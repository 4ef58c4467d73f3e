// The call that reads a binary STL file in memory into points and triples: its refusals, its answers, and every room after it.
//
// The work room, of F facets with n = 3F corners:
//
//     0    3n   the bits of each corner's x, then y, then z, with +0 for -0
//     3n   n    the corners sorted by these
//     4n   n    for each corner the first one that is equal to it
//     5n   n    a flag for each corner: 1 where an earlier one is equal to it, else 0
//     6n   n    for each corner how many before it have no flag
#![tactic(auto)]

ghost use Rattle.std.specs.Prelude.{◌≡◌, cond, ◌<◌, ◌^◌, eqb};
ghost use Rattle.std.specs.Float.{binary32};
ghost use Rattle.rule_laws.proofs.Equal.{one_zero};
ghost use Rattle.rules.specs.Stl as rule;
ghost use Rattle.read_stl.specs.Answers.{rooms_of, outcome_of};
ghost use Rattle.read_stl.specs.Rows.{FileAsks, KeysGives, CornersAsks, CornersGives, FlagsAsks, FlagsGives, TriplesAsks, TriplesGives};

use refuse::Refusal;

// What an accepted file gives: how many entries stand in the points and in the faces room.
#[derive(Clone, Copy, Debug, PartialEq, Eq)]
pub struct Read {
    pub points: usize,
    pub faces: usize,
}

// The bits of an f32, with +0 for -0.
fn one_zero(bits: u32) -> u32
    ensures value { result ≡ one_zero binary32 bits }
    ensures upper_bound { result < 2 ^ 32 }
{
    if bits == 2147483648 { 0 } else { bits }
}

// Writes the bits of each corner's coordinates, with +0 for -0.
fn keys(file: &[u8], n: usize, work: &mut [u32])
    requires { FileAsks file.now n work.old }
    ensures { KeysGives file.now n work.old work.new }
{
    for c in 0..n {
        let i = stl_file::place_of(c);
        let x = one_zero(byte_rows::u32_at(file, i));
        let y = one_zero(byte_rows::u32_at(file, i + 4));
        let z = one_zero(byte_rows::u32_at(file, i + 8));
        work[c] = x;
        work[n + c] = y;
        work[2 * n + c] = z;
    }
}

// Writes all corners to the points room.
fn corners(file: &[u8], n: usize, points: &mut [f64])
    requires { CornersAsks file.now n points.old }
    ensures { CornersGives file.now n points.old points.new }
{
    for c in 0..n {
        let i = stl_file::place_of(c);
        let x = stl_file::coordinate(file, i);
        let y = stl_file::coordinate(file, i + 4);
        let z = stl_file::coordinate(file, i + 8);
        points[3 * c] = x;
        points[3 * c + 1] = y;
        points[3 * c + 2] = z;
    }
}

// 1 where the corner j is not c itself, else 0.
fn other(j: usize, c: usize) -> u32
    ensures { result ≡ cond (eqb j c) 0 1 }
{
    if j == c { 0 } else { 1 }
}

// Flags each corner to which an earlier one is equal.
fn flags(n: usize, work: &mut [u32])
    requires { FlagsAsks work.old n }
    ensures { FlagsGives work.old n work.new }
{
    for c in 0..n {
        let j = work[4 * n + c] as usize;
        let flag = other(j, c);
        work[5 * n + c] = flag;
    }
}

// Writes for each corner the number of the first one that is equal to it.
fn triples(n: usize, work: &[u32], faces: &mut [u32])
    requires { TriplesAsks work.now n faces.old }
    ensures { TriplesGives work.now n faces.old faces.new }
{
    for c in 0..n {
        let j = work[4 * n + c] as usize;
        faces[c] = work[6 * n + j];
    }
}

// Reads a file: corners equal as numbers become one point, numbered by first appearance, with the bits that appear first. Then the rooms: each answer in
// front, zero to the stated room, the work room all zero.
pub fn read_stl(
    file: &[u8],
    points: &mut [f64],
    faces: &mut [u32],
    work: &mut [u32],
) -> Result<Read, Refusal>
    ensures { let before = rooms_of points.old faces.old work.old in
        outcome_of result points.new faces.new work.new ≡ rule.read_stl file.now before }
{
    stl_file::stl_check(file, points.len(), faces.len(), work.len())?;
    let count = byte_rows::u32_at(file, 80) as usize;
    let n = 3 * count;
    keys(file, n, work);
    corners(file, n, points);
    equal_rows::equal_rows(work, n, 3, 3 * n, 46 * count + 64);
    flags(n, work);
    rows::number_kept(work, 5 * n, n, 6 * n);
    triples(n, work, faces);
    let p = rows::retain(points, work, 5 * n, n);
    rows::clear(points, 3 * p, 3 * n - 3 * p);
    wiping::wipe(work, 0, 64 * count + 64);
    Ok(Read {
        points: 3 * p,
        faces: n,
    })
}
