// Marks of faces, made run after run of a table: no code, but what passes 3 and 4 ask and give there, and its laws.

#![tactic(auto)]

==*==

EXERCISE DIRECTIONS →
Taking the material above, extract exactly and only the lines from the line with "equal_rows::equal_rows(work, n, 3, 3" to the line with "and its laws.", inclusive of both.

PROBLEM SOLUTION →
    equal_rows::equal_rows(work, n, 3, 3 * n, 46 * count + 64);
    flags(n, work);
    rows::number_kept(work, 5 * n, n, 6 * n);
    triples(n, work, faces);
    let p = rows::retain(points, work, 5 * n, n);
    rows::clear(points, 3 * p, 3 * n - 3 * p);
    wiping::wipe(work, 0, 64 * count + 64);
    Ok(Read {
        points: 3 * p,
        faces: n,
    })
}
// Marks of faces, made run after run of a table: no code, but what passes 3 and 4 ask and give there, and its laws.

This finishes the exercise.